Reception to follow.
Presented by
Agenda
*Presentation times are subject to change.
12:30 PM | Welcome and Introduction |
12:40 PM | Molecular Simulations of Protein Diffusion & Thermodynamic Stability in the Bacterial Cytoplasm |
1:25 PM | From Isolated Molecules to Intact Cells – Structure of Ribosomal Arrangements in vitro and in situ |
2:10 PM | Noise in an Inducible Genetic Switch: A Whole Cell Simulation Study |
3:00 PM | Coffee Break |
3:30 PM | Dynamics of a Processive Brownian Machine: the Translating Ribosome |
4:15 PM | Viewing the Ribosome through the Computational Microscope |
5:00 PM | Networking Reception |
Organizers
Tom S. Leyh, PhD
Albert Einstein College of Medicine
Professor Thomas S. Leyh, currently a member of the Department of Microbiology and Immunology at the Albert Einstein College of Medicine, received his PhD from the Biophysics Graduate Group the University of Pennsylvania, where his research focused on nuclear and electron-paramagnetic resonance studies of metal-ligand complexes at enzyme active sites. His training expanded to general studies of enzyme mechanism and catalysis in his postdoctoral work at The Institute for Cancer Research, PA. Broadly considered, Dr Leyh’s laboratory is engaged in a multidisciplinary pursuit of an understanding of the molecular basis of life at many levels. His group discovered the link between sulfur biology and GTPase function, substrate channeling in the sulfate activation pathway, the cysteine metabolome – a group of cysteine biosynthetic enzymes that coalesce to form an ‘energy pump’, and natural inhibitors of bacterial isoprenoid biosynthesis. The Leyh group is currently working on numerous problems including ancient and novel mechanisms of communication between the RNA and protein “worlds,” the molecular basis of selectivity in sulfotransferases, and antibiotic development. Dr Leyh reviews for various journals and has served as a scientific advisor at the NIH and the NSF.
Jennifer Henry, PhD
The New York Academy of Sciences
Speakers
Adrian H. Elcock, PhD
University of Iowa
Adrian Elcock received his D.Phil. in physical chemistry from Oxford University, UK in 1994, having previously obtained a first-class honors degree in chemistry from the University of East Anglia, UK (1989). In 1995 he was awarded a Wellcome Trust International Prize Traveling Fellowship which took him to the research group of Professor J. Andrew McCammon at the University of California, San Diego. He remained in La Jolla until October 2000, when he joined the faculty of the Biochemistry department at the University of Iowa; he was awarded tenure and promoted to associate professor in summer 2006. Dr. Elcock’s work centers on developing and applying molecular simulation techniques to model a variety of biochemical systems. Active research projects range from simulations of small-molecule associations in water to simulations of large-scale molecular models of the bacterial cytoplasm.
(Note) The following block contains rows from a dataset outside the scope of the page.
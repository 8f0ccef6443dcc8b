// Texts without regard to ASCII case.
ghost use Rattle.std.specs.Prelude.{◌≡◌};
ghost use Rattle.command_words.specs.Texts.{same_text, begins_as, ends_as};

pub fn same_text(a: &[u8], b: &[u8]) -> bool
    ensures { result ≡ same_text a.now b.now }
{
    a.eq_ignore_ascii_case(b)
}

pub fn begins_as(text: &[u8], front: &[u8]) -> bool
    ensures { result ≡ begins_as text.now front.now }
{
    if text.len() < front.len() {
        return false;
    }
    same_text(&text[..front.len()], front)
}

pub fn ends_as(text: &[u8], end: &[u8]) -> bool
    ensures { result ≡ ends_as text.now end.now }
{
    if text.len() < end.len() {
        return false;
    }
    same_text(&text[text.len() - end.len()..], end)
}
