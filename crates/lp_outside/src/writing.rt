// Whole pieces to an output.
ghost use Rattle.std.specs.Prelude.{◌≡◌, ◌<◌, ◌≤◌, length, take, OnOk, OnErr};
ghost use Rattle.lp_model.specs.Outside.{Gains, GainsSome, HasCause};

use crate::{Sink, SinkFailed};
use lp_values::bytes_from;

// At most so many bytes go to an output at once.
const MOST: usize = 65536;

// The first bytes, no more than go at once.
fn first_of(bytes: &[u8]) -> &[u8]
    ensures front { result.now ≡ take (length result.now) bytes.now }
    ensures some { 0 < length bytes.now → 0 < length result.now }
    ensures fits { length result.now ≤ length bytes.now }
    ensures few { length result.now ≤ 65536 }
{
    &bytes[..bytes.len().min(MOST)]
}

/// Writes a piece whole, or the front of it before a failure.
pub fn write_all<S: Sink>(out: &mut S, piece: &[u8]) -> Result<(), SinkFailed>
    ensures ok { OnOk result (Gains (S.written out.old) (S.written out.new) piece.now) }
    ensures err { OnErr result (GainsSome (S.written out.old) (S.written out.new) piece.now) }
    ensures cause { HasCause (S.faults out.old) (S.faults out.new) result }
{
    let mut rest = piece;
    while !rest.is_empty() {
        let count = out.write(first_of(rest))?;
        rest = bytes_from(rest, count);
    }
    Ok(())
}
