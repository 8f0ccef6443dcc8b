// Names of columns.
ghost use Rattle.std.specs.Prelude.{◌≡◌};
ghost use Rattle.slot_reading.specs.Names.{is_same_name};

/// Whether two names are one, whatever the case of their letters.
#[inline]
pub fn is_same_name(a: &str, b: &str) -> bool
    ensures { result ≡ is_same_name a.now b.now }
{
    a.eq_ignore_ascii_case(b)
}
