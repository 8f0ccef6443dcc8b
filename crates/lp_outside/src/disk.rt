// A disk: files that are read and written.
ghost use Rattle.std.specs.Prelude.{◌≡◌, ◌⊎◌, ◌<◌, ◌≤◌, ◌+◌, ◌^◌, ℕ, List, length, take, drop, IfOk, OnOk};
ghost use Rattle.lp_model.specs.Outside.{HasCause};
ghost use Rattle.disk_model.specs.Disk.{DiskState, Works, Shows, Nothing, At, Torn, Shortened, IsSynced, IsImage, Files, overwritten, start_of};

use crate::Name;
use thiserror::Error;

/// A call of a disk failed, and may have done any part of its work.
#[derive(Clone, Copy, Debug, PartialEq, Eq, Error)]
#[error("a disk failed")]
pub struct DiskFailed;

/// Files by name that are read and written, and that a crash may leave otherwise than a read gives them. An absent file
/// has no bytes. A file has at most 2^62 bytes; a longer one is a fault.
pub trait Disk {
    /// What it holds and what a crash may leave.
    ghost state: { Self → DiskState };

    /// How often it has failed.
    ghost faults: { Self → ℕ };

    /// The length of a file; an absent one has none.
    fn length(&mut self, name: &Name) -> Result<u64, DiskFailed>
        ensures crash { (state self.old).honest → Works Nothing (state self.old) (state self.new) }
        ensures shows { (state self.old).tells → Shows Nothing (state self.old) (state self.new) }
        ensures found { IfOk result (λ found. (state self.old).tells → found ≡ length ((state self.old).seen name.now)) }
        ensures bound { IfOk result (λ found. found ≤ 2 ^ 62) }
        ensures cause { HasCause (faults self.old) (faults self.new) result };

    /// Some of a file's bytes from a place on, at least one; none into a slice that isn't empty only at the file's end,
    /// and only by a disk that tells its files.
    fn read_at(&mut self, name: &Name, at: u64, into: &mut [u8]) -> Result<usize, DiskFailed>
        ensures crash { (state self.old).honest → Works Nothing (state self.old) (state self.new) }
        ensures shows { (state self.old).tells → Shows Nothing (state self.old) (state self.new) }
        ensures count { IfOk result (λ count. count ≤ length into.new) }
        ensures some { IfOk result (λ count. (0 < count) ⊎ (length into.new ≡ 0) ⊎ ((state self.old).tells × (length ((state self.old).seen name.now) ≤ at))) }
        ensures bytes { IfOk result (λ count. (state self.old).tells → take count into.new ≡ take count (drop at ((state self.old).seen name.now))) }
        ensures fits { IfOk result (λ count. (state self.old).tells → 0 < count → at + count ≤ length ((state self.old).seen name.now)) }
        ensures bound { IfOk result (λ count. 0 < count → at + count ≤ 2 ^ 62) }
        ensures cause { HasCause (faults self.old) (faults self.new) result };

    /// Writes bytes from a place on; zero bytes fill a gap before it. Until a sync, a crash may leave any bytes there.
    fn write_at(&mut self, name: &Name, at: u64, bytes: &[u8]) -> Result<(), DiskFailed>
        ensures crash { (state self.old).honest → Works (At name.now (Torn (start_of ((state self.old).seen name.now) at) (at + length bytes.now))) (state self.old) (state self.new) }
        ensures shows { (state self.old).tells → Shows (At name.now (Torn (start_of ((state self.old).seen name.now) at) (at + length bytes.now))) (state self.old) (state self.new) }
        ensures written { OnOk result ((state self.old).tells → (state self.new).seen name.now ≡ overwritten ((state self.old).seen name.now) at bytes.now) }
        ensures bound { OnOk result (at + length bytes.now ≤ 2 ^ 62) }
        ensures cause { HasCause (faults self.old) (faults self.new) result };

    /// Cuts a file that is longer, and leaves another as it is.
    fn cut(&mut self, name: &Name, to: u64) -> Result<(), DiskFailed>
        ensures crash { (state self.old).honest → Works (At name.now (Shortened to)) (state self.old) (state self.new) }
        ensures shows { (state self.old).tells → Shows (At name.now (Shortened to)) (state self.old) (state self.new) }
        ensures cut { OnOk result ((state self.old).tells → (state self.new).seen name.now ≡ take to ((state self.old).seen name.now)) }
        ensures cause { HasCause (faults self.old) (faults self.new) result };

    /// Makes a file lasting: after it a crash leaves what a read gives.
    fn sync(&mut self, name: &Name) -> Result<(), DiskFailed>
        ensures crash { (state self.old).honest → Works Nothing (state self.old) (state self.new) }
        ensures shows { (state self.old).tells → Shows Nothing (state self.old) (state self.new) }
        ensures durable { OnOk result ((state self.old).honest → IsSynced (state self.new) name.now) }
        ensures cause { HasCause (faults self.old) (faults self.new) result };

    /// An honest disk tells what a read gives.
    ghost honest_tells: { (disk : Self) → (state disk).honest → (state disk).tells };

    /// What a read gives is an image.
    ghost seen_left: { (disk : Self) → (state disk).honest → IsImage (state disk) (state disk).seen };

    /// This moment is one of those since an earlier one.
    ghost counts_now: { (disk : Self) (t : ℕ) (image : Files) → (state disk).honest → t ≤ (state disk).moment → IsImage (state disk) image → (state disk).left_since t image };

    /// Since this moment there is no other.
    ghost only_now: { (disk : Self) (image : Files) → (state disk).honest → (state disk).left_since (state disk).moment image → IsImage (state disk) image };
}
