// The numbers that values are.
ghost use Rattle.std.specs.Prelude.{◌≡◌, ◌≤◌, option_and_then, IfSome};
ghost use Rattle.command_words.specs.Numbers.{starts_with_plus, without_minus, number_in, count_of, limit_of};

use lp_values::read_integer;

fn without_minus(text: &[u8]) -> &[u8]
    ensures { result.now ≡ without_minus text.now }
{
    match text {
        [b'-', rest @ ..] => rest,
        _ => text,
    }
}

fn starts_with_plus(text: &[u8]) -> bool
    ensures { result ≡ starts_with_plus text.now }
{
    matches!(text, [b'+', ..])
}

/// One to ten digits, with an optional `-` before them.
pub fn number_in(text: &str) -> Option<i64>
    ensures { result ≡ number_in text.now }
{
    let bytes = text.as_bytes();
    if starts_with_plus(bytes) || without_minus(bytes).len() > 10 {
        None
    } else {
        read_integer(text)
    }
}

fn count_of(low: u32, high: u32, number: i64) -> Option<u32>
    ensures value { result ≡ count_of low high number }
    ensures in_range { IfSome result (λ count. (low ≤ count) × (count ≤ high)) }
{
    if i64::from(low) <= number && number <= i64::from(high) {
        Some(number as u32)
    } else {
        None
    }
}

fn limit_of(low: u32, high: u32, number: i64) -> Option<Option<u32>>
    ensures value { result ≡ limit_of low high number }
    ensures in_range { IfSome result (λ limit. IfSome limit (λ count. (low ≤ count) × (count ≤ high))) }
{
    if number == -1 {
        Some(None)
    } else if i64::from(low) <= number && number <= i64::from(high) {
        Some(Some(number as u32))
    } else {
        None
    }
}

/// A number of a range.
pub fn count_in(low: u32, high: u32, text: &str) -> Option<u32>
    ensures value { result ≡ option_and_then (count_of low high) (number_in text.now) }
    ensures in_range { IfSome result (λ count. (low ≤ count) × (count ≤ high)) }
{
    match number_in(text) {
        Some(number) => count_of(low, high, number),
        None => None,
    }
}

/// A number of a range, or -1 for no limit.
pub fn limit_in(low: u32, high: u32, text: &str) -> Option<Option<u32>>
    ensures value { result ≡ option_and_then (limit_of low high) (number_in text.now) }
    ensures in_range { IfSome result (λ limit. IfSome limit (λ count. (low ≤ count) × (count ≤ high))) }
{
    match number_in(text) {
        Some(number) => limit_of(low, high, number),
        None => None,
    }
}
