// The formats of inputs and of outputs.
ghost use Rattle.std.specs.Prelude.{◌≡◌};
ghost use Rattle.command_words.specs.Formats.{input_name, output_name, input_in, output_in, last_part, input_of_part, input_by_name, output_by_name};

use crate::text::{begins_as, ends_as, same_text};

/// A format of logs.
#[derive(Clone, Copy, Debug, PartialEq, Eq)]
pub enum InputFormat {
    IisW3c,
    Ncsa,
    Csv,
    Tsv,
    TextLine,
    TextWord,
}

/// A format of outputs.
#[derive(Clone, Copy, Debug, PartialEq, Eq)]
pub enum OutputFormat {
    Nat,
    Csv,
    Tsv,
    W3c,
    Tpl,
}

const INPUTS: [InputFormat; 6] = [
    InputFormat::IisW3c,
    InputFormat::Ncsa,
    InputFormat::Csv,
    InputFormat::Tsv,
    InputFormat::TextLine,
    InputFormat::TextWord,
];

const OUTPUTS: [OutputFormat; 5] = [
    OutputFormat::Nat,
    OutputFormat::Csv,
    OutputFormat::Tsv,
    OutputFormat::W3c,
    OutputFormat::Tpl,
];

impl InputFormat {
    /// The format's name, in capitals.
    pub fn as_str(self) -> &'static str
        ensures { result.now ≡ input_name self }
    {
        match self {
            InputFormat::IisW3c => "IISW3C",
            InputFormat::Ncsa => "NCSA",
            InputFormat::Csv => "CSV",
            InputFormat::Tsv => "TSV",
            InputFormat::TextLine => "TEXTLINE",
            InputFormat::TextWord => "TEXTWORD",
        }
    }

    /// The format of this name, whatever its case.
    pub fn read(name: &str) -> Option<InputFormat>
        ensures { result ≡ input_in name.now }
    {
        INPUTS.iter().copied().find(|format| same_text(name.as_bytes(), format.as_str().as_bytes()))
    }

    /// The format of a log by its name, where no word of the command line says it.
    pub fn by_name(name: &str) -> InputFormat
        ensures { result ≡ input_by_name name.now }
    {
        input_of_part(last_part(name.as_bytes()))
    }
}

fn last_part(name: &[u8]) -> &[u8]
    ensures { result.now ≡ last_part name.now }
{
    let mut start = 0;
    for place in 0..name.len() {
        if name[place] == b'/' {
            start = place + 1;
        }
    }
    &name[start..]
}

fn input_of_part(part: &[u8]) -> InputFormat
    ensures { result ≡ input_of_part part.now }
{
    if ends_as(part, b".csv") {
        InputFormat::Csv
    } else if ends_as(part, b".tsv") {
        InputFormat::Tsv
    } else if (begins_as(part, b"ex") || begins_as(part, b"u_ex")) && ends_as(part, b".log") {
        InputFormat::IisW3c
    } else if begins_as(part, b"nc") && ends_as(part, b".log") {
        InputFormat::Ncsa
    } else {
        InputFormat::TextLine
    }
}

impl OutputFormat {
    /// The format's name, in capitals.
    pub fn as_str(self) -> &'static str
        ensures { result.now ≡ output_name self }
    {
        match self {
            OutputFormat::Nat => "NAT",
            OutputFormat::Csv => "CSV",
            OutputFormat::Tsv => "TSV",
            OutputFormat::W3c => "W3C",
            OutputFormat::Tpl => "TPL",
        }
    }

    /// The format of this name, whatever its case.
    pub fn read(name: &str) -> Option<OutputFormat>
        ensures { result ≡ output_in name.now }
    {
        OUTPUTS.iter().copied().find(|format| same_text(
            name.as_bytes(),
            format.as_str().as_bytes(),
        ))
    }

    /// The format of an output by its name, where neither `-o` nor `-tpl` says it.
    pub fn by_name(name: &str) -> OutputFormat
        ensures { result ≡ output_by_name name.now }
    {
        let name = name.as_bytes();
        if name.ends_with(b".csv") {
            OutputFormat::Csv
        } else if name.ends_with(b".tsv") {
            OutputFormat::Tsv
        } else if name.ends_with(b".log") {
            OutputFormat::W3c
        } else {
            OutputFormat::Nat
        }
    }
}
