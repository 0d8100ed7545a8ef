//! The XOR of texts (RFC 5109 8.1, 8.2).

ghost use Rattle.std.specs.Prelude.{◌≡◌, ℕ, ◌+◌, ◌<◌, ◌≤◌, ◌^◌, bit_xor, if◌then◌else◌, length, slice_index};
ghost use Rattle.vrx_fec.specs.Mask.{is_named};
ghost use Rattle.vrx_fec.specs.Parity.{fields_of, mask_at};

use crate::mask::is_named;
use crate::span::Span;
use vrx_num::slices::from;

/// How many octets an RTP header has before its sources (RFC 3550 5.1).
pub(crate) const HEADER: usize = 12;

/// A protected packet has at most so many octets: those after the first twelve are counted in 16 bits (RFC 5109 8.1).
pub(crate) const MOST_TEXT: usize = 65_547;

/// Puts the XOR of each octet with the other's octet at the same place into it. An octet that the other hasn't counts
/// as 0: what is longer is left as it is.
pub fn xor_into(target: &mut [u8], other: &[u8])
    ensures { (k : ℕ) → k < length target.old →
        slice_index target.new k ≡ bit_xor (slice_index target.old k) (slice_index other.now k) }
{
    let len = target.len().min(other.len());
    for k in 0..len {
        target[k] ^= other[k];
    }
}

/// The fields of a text that a FEC header protects: P, X and CC; M and PT; the timestamp; how many octets come after
/// the first twelve.
pub(crate) fn fields_of(text: &[u8]) -> [u8; 8]
    requires at_least { HEADER ≤ length text.now }
    requires at_most { length text.now ≤ MOST_TEXT }
    ensures { result ≡ fields_of text.now }
{
    let [length1, length0] = ((text.len() - HEADER) as u16).to_be_bytes();
    [
        text[0] % 64,
        text[1],
        text[4],
        text[5],
        text[6],
        text[7],
        length1,
        length0,
    ]
}

/// The same, if it is to be added.
fn xor_if(adds: bool, target: &mut [u8], other: &[u8])
    ensures { (k : ℕ) → k < length target.old → slice_index target.new k ≡
        bit_xor (slice_index target.old k) (if adds then slice_index other.now k else 0) }
{
    if adds {
        xor_into(target, other);
    }
}

/// Adds the octets of a packet at this offset to those of levels, level after level. Both are those after the first
/// twelve.
pub(crate) fn add_octets(body: &mut [u8], spans: &[Span], long: bool, offset: u8, octets: &[u8])
    ensures { (k : ℕ) → k < length body.old → slice_index body.new k ≡
        bit_xor (slice_index body.old k)
        (if is_named long (mask_at spans.now k) offset then slice_index octets.now k else 0) }
{
    if spans.is_empty() {
        return;
    }
    let span = spans[0];
    let size = span.size.min(body.len());
    let (front, rest) = body.split_at_mut(size);
    xor_if(is_named(long, span.mask, u16::from(offset)), front, octets);
    add_octets(rest, &spans[1..], long, offset, from(octets, size));
}
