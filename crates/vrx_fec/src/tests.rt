// What no clause says: that memory is there, and that the octets are those of the RFC's figures. They were worked out
// by hand.
use super::*;
use std::alloc::Global;
use std::test::Fail;

// E 0, L 0, no recovery bit; SN base 2; timestamp 0; length 1. Level 0: three octets of 2 and 3.
const FEC5: &[u8] = &[0, 0, 0, 2, 0, 0, 0, 0, 0, 1, 0, 3, 0xc0, 0, 0, 0x77, 0xcd];

// The same of 3 and 4, of which one has the marker.
const FEC6: &[u8] = &[
    0, 0x80, 0, 3, 0, 0, 0, 0, 0, 1, 0, 3, 0xc0, 0, 0, 0x11, 0xcd,
];

// L 1; SN base 1; timestamp 3,000; length 3. Level 0: three octets of the number 48, by bit 47 of the mask.
const FEC49: &[u8] = &[
    0x40, 0xe0, 0, 1, 0, 0, 0x0b, 0xb8, 0, 3, 0, 3, 0, 0, 0, 0, 0, 1, 0x10, 1, 0xbb,
];

// SN base 1; length 0. Level 0: two octets of 1 and 2. Level 1: three octets of 1.
const FEC3: &[u8] = &[
    0, 0x80, 0, 1, 0, 0, 0, 0, 0, 0, 0, 2, 0xc0, 0, 0x10, 0xb1, 0, 3, 0x80, 0, 0xa1, 0xa2, 0xa3,
];

// SN base 2; length 9,205. Level 0: one octet of 2.
const FEC4: &[u8] = &[0, 0, 0, 2, 0, 0, 0, 0, 0x23, 0xf5, 0, 1, 0x80, 0, 0xaa];

// L 1; SN base 1; length 5. Level 0: one octet of 1, by bit 0 of the mask.
const MADE49: &[u8] = &[
    0x40, 0x60, 0, 1, 0, 0, 0, 0, 0, 5, 0, 1, 0x80, 0, 0, 0, 0, 0, 0x10,
];

// Texts of the source 10 with timestamp 0 and of type 96; 4 and the second one of the number 2 have the marker.
const TEXT2: &[u8] = &[0x80, 0x60, 0, 2, 0, 0, 0, 0, 0, 0, 0, 10, 0, 0xbb];

const TEXT3: &[u8] = &[0x80, 0x60, 0, 3, 0, 0, 0, 0, 0, 0, 0, 10, 0, 0xcc, 0xcd];

const TEXT4: &[u8] = &[0x80, 0xe0, 0, 4, 0, 0, 0, 0, 0, 0, 0, 10, 0, 0xdd];

const LONG1: &[u8] = &[
    0x80, 0x60, 0, 1, 0, 0, 0, 0, 0, 0, 0, 10, 0x10, 0, 0xa1, 0xa2, 0xa3,
];

const LONG2: &[u8] = &[
    0x80, 0xe0, 0, 2, 0, 0, 0, 0, 0, 0, 0, 10, 0, 0xb1, 0xb2, 0xb3, 0xb4,
];

const TEXT48: &[u8] = &[
    0x80, 0xe0, 0, 48, 0, 0, 0x0b, 0xb8, 0, 0, 0, 10, 0x10, 1, 0xbb,
];

/// What is rebuilt of a payload, once this text was added, if it can be one.
fn rebuilt(
    alloc: Global,
    payload: &[u8],
    own: u16,
    offset: u8,
    text: &[u8],
    missing: u8,
) -> Result<Result<Vec<u8>, RecoverFault>, Fail> {
    let fec = read_fec(payload, own)?;
    let mut register = Register::start(alloc, &fec)?;
    if text.len() >= 12 && text.len() <= 65_547 {
        register.add(&fec, offset, text);
    }
    Ok(register.finish(&fec, missing, 10))
}

#[test]
fn rebuilds(rt: HostRuntime) -> Result<(), Fail> {
    let cases: [(&[u8], u16, u8, &[u8], u8, Result<&[u8], RecoverFault>); 7] = [
        (FEC5, 5, 0, TEXT2, 1, Ok(TEXT3)),
        (FEC5, 5, 1, TEXT3, 0, Ok(TEXT2)),
        (FEC6, 6, 0, TEXT3, 1, Ok(TEXT4)),
        (FEC49, 49, 0, &[], 47, Ok(TEXT48)),
        (FEC3, 3, 1, LONG2, 0, Ok(LONG1)),
        (FEC3, 3, 0, LONG1, 1, Err(RecoverFault::NotCovered)),
        (FEC4, 5, 0, &[], 0, Err(RecoverFault::BadLength)),
    ];
    for (payload, own, offset, text, missing, want) in cases {
        match (
            rebuilt(rt.alloc(), payload, own, offset, text, missing)?,
            want,
        ) {
            (Ok(text), Ok(wanted)) => assert_eq!(rt; text.as_slice(), wanted, "{own} {missing}"),
            (Err(fault), Err(wanted)) => assert_eq!(rt; fault, wanted, "{own} {missing}"),
            _ => assert!(rt; false, "{own} {missing}"),
        }
    }
    Ok(())
}

#[test]
fn refuses(rt: HostRuntime) {
    let cases: [(&[u8], u16, FecFaultKind, usize); 5] = [
        (&[0], 1, FecFaultKind::Short, 1),
        (&FEC49[..20], 50, FecFaultKind::LevelPastEnd, 10),
        (&FEC5[..10], 5, FecFaultKind::NoneProtected, 10),
        (FEC5, 3, FecFaultKind::AheadOfSelf, 2),
        (FEC5, 32_770, FecFaultKind::AheadOfSelf, 2),
    ];
    for (payload, own, kind, at) in cases {
        assert_eq!(rt;
            read_fec(payload, own).err(),
            Some(FecFault { kind, at }),
            "{own}"
        );
    }
}

#[test]
fn makes(rt: HostRuntime) -> Result<(), Fail> {
    let mut maker = FecMaker::start(
        rt.alloc(),
        1,
        false,
        &[
            LevelPlan {
                mask: 0xc000,
                length: 2,
            },
            LevelPlan {
                mask: 0x8000,
                length: 3,
            },
        ],
    )?;
    maker.add(1, LONG2);
    maker.add(0, LONG1);
    assert_eq!(rt; maker.finish().as_slice(), FEC3);

    // the mask 800000000000, whose bit 0 names 1
    let plan = [LevelPlan {
        mask: 0x8000_0000_0000,
        length: 1,
    }];
    let mut maker = FecMaker::start(rt.alloc(), 1, true, &plan)?;
    maker.add(0, LONG1);
    assert_eq!(rt; maker.finish().as_slice(), MADE49);
    Ok(())
}

#[test]
fn xors(rt: HostRuntime) {
    let mut octets = [0x0f, 0xff, 0x01];
    xor_into(&mut octets, &[0xff, 0x0f]);
    assert_eq!(rt; octets, [0xf0, 0xf0, 0x01]);
    xor_into(&mut octets, &[1, 1, 1, 1]);
    assert_eq!(rt; octets, [0xf1, 0xf1, 0]);
}

fn is_send<T: Send>() {}

#[test]
fn they_may_go_to_another_thread() {
    is_send::<Register>();
    is_send::<FecMaker>();
}
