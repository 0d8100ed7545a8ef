//! What holds of the definitions themselves.

ghost use Rattle.vrx_fec.specs.Laws.{ReadsPayloads, RebuildsLength, Rebuilds, KeepsParity, KeepsTruth, KeepsSums, KeepsRebuilt};

/// The law of FEC payloads (RFC 5109 7.3, 7.4): reading gives a payload exactly if the octets are that payload. The
/// function does nothing.
pub fn one_payload()
    ensures one { ReadsPayloads }
{}

/// The laws of rebuilding (RFC 5109 8, 9). The function does nothing.
///
/// The length rebuilt from true parity and the other texts is the missing text's own, and never that of the longest.
/// What is rebuilt is the missing text, if it is covered and isn't too long.
pub fn one_rebuilt()
    ensures length { RebuildsLength }
    ensures text { Rebuilds }
{}

/// The texts may be in any order (RFC 5109 8, 9). The function does nothing.
///
/// What is the parity of some texts, what is true for them, what a register of them has added up, and what is rebuilt
/// from them is the same if they stand in another order.
pub fn any_order()
    ensures parity { KeepsParity }
    ensures truth { KeepsTruth }
    ensures sums { KeepsSums }
    ensures text { KeepsRebuilt }
{}
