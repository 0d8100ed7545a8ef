//! Reads and makes the payloads of FEC packets, and rebuilds lost packets from them: ULPFEC (RFC 5109 7 to 9).
//!
//! ```text
//!  0                   1                   2                   3
//!  0 1 2 3 4 5 6 7 8 9 0 1 2 3 4 5 6 7 8 9 0 1 2 3 4 5 6 7 8 9 0 1
//! +-+-+-+-+-+-+-+-+-+-+-+-+-+-+-+-+-+-+-+-+-+-+-+-+-+-+-+-+-+-+-+-+
//! |E|L|P|X|  CC   |M| PT recovery |            SN base            |
//! +-+-+-+-+-+-+-+-+-+-+-+-+-+-+-+-+-+-+-+-+-+-+-+-+-+-+-+-+-+-+-+-+
//! |                          TS recovery                          |
//! +-+-+-+-+-+-+-+-+-+-+-+-+-+-+-+-+-+-+-+-+-+-+-+-+-+-+-+-+-+-+-+-+
//! |        length recovery        |   and then each level, to the end:
//! +-+-+-+-+-+-+-+-+-+-+-+-+-+-+-+-+
//! |       protection length       |
//! +-+-+-+-+-+-+-+-+-+-+-+-+-+-+-+-+
//! :              mask             :   16 bits, or 48 if L = 1
//! +-+-+-+-+-+-+-+-+-+-+-+-+-+-+-+-+
//! :             octets            :   as many as the protection length
//! +-+-+-+-+-+-+-+-+-+-+-+-+-+-+-+-+
//! ```
//!
//! [`read_fec`] takes a payload apart. A [`Register`] of it adds up the packets that came, and gives the one that
//! didn't. A [`FecMaker`] makes the payload of a plan. `specs/Payload.antt` has the form of a payload,
//! `specs/Parity.antt` what is true, and `specs/Rebuilt.antt` what is rebuilt. [`one_payload`], [`one_rebuilt`] and
//! [`any_order`] have the laws.
#![tactic(auto)]

mod fault;
mod fec;
mod laws;
mod maker;
mod mask;
mod parity;
mod reading;
mod register;
mod span;

pub use fault::{FecFault, FecFaultKind};
pub use fec::{Fec, Level};
pub use laws::{any_order, one_payload, one_rebuilt};
pub use maker::{FecMaker, LevelPlan};
pub use parity::xor_into;
pub use reading::read_fec;
pub use register::{RecoverFault, Register};

#[cfg(test)]
mod tests;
Ruben L. Gonzalez, Jr., PhD
Columbia University
Ruben Gonzalez received a BS in Chemistry and Biochemistry from Florida International University (FIU) in 1995. While at FIU, he did undergraduate research with Prof. Stephen Winkle in the Department of Chemistry and Biochemistry, where he investigated the thermodynamics and kinetics of protein and carcinogen binding to unusual DNA structures. Gonzalez then moved to the Department of Chemistry at the University of California, Berkeley to do his doctoral research with Prof. Ignacio Tinoco. While in Prof. Tinoco's laboratory, Gonzalez's research interests focused on the structure and thermodynamics of a specific RNA structure, known as an RNA pseudoknot, which is involved in the translational control of gene expression in many viruses. In particular, Gonzalez was interested in how specific binding of divalent metal ions stabilize RNA pseudoknot structures. As part of his research in Prof. Tinoco's laboratory, Gonzalez helped develop now widely-used methodology for using cobalt (III) hexamine as a mimic of magnesium (II) hexahydrate in order to determine the solution structures of divalent metal ion binding sites in complex RNA structures using nuclear magnetic resonance spectroscopy. Upon obtaining his PhD in Chemistry in 2000, Dr Gonzalez moved to Stanford University where he did postdoctoral research as an American Cancer Society Postdoctoral Fellow in the laboratories of Prof. Joseph D. Puglisi in the Department of Structural Biology and Prof. Steven Chu in the Department of Physics and Applied Physics. While at Stanford, Dr Gonzalez helped integrate expertise from Profs Puglisi's and Chu's laboratories in order to pioneer the first single-molecule fluorescence investigations of the ribosome, the universally-conserved RNA-based molecular machine responsible for protein synthesis in all living cells. Dr Gonzalez joined the Department of Chemistry at Columbia University as an Assistant Professor in 2006. Research in his laboratory focuses on the biophysical chemistry and biochemistry of Nature's RNA-based molecular machines, with a current emphasis on the mechanism and regulation of protein synthesis by the ribosome. Research in Prof. Gonzalez's laboratory has been recognized with numerous awards, including a Burroughs Wellcome Fund Career Award in the Biomedical Sciences, a National Science Foundation CAREER Award, an American Cancer Society Research Scholar Award, a Columbia University RISE Award and, most recently, a Distinguished Columbia Faculty Award.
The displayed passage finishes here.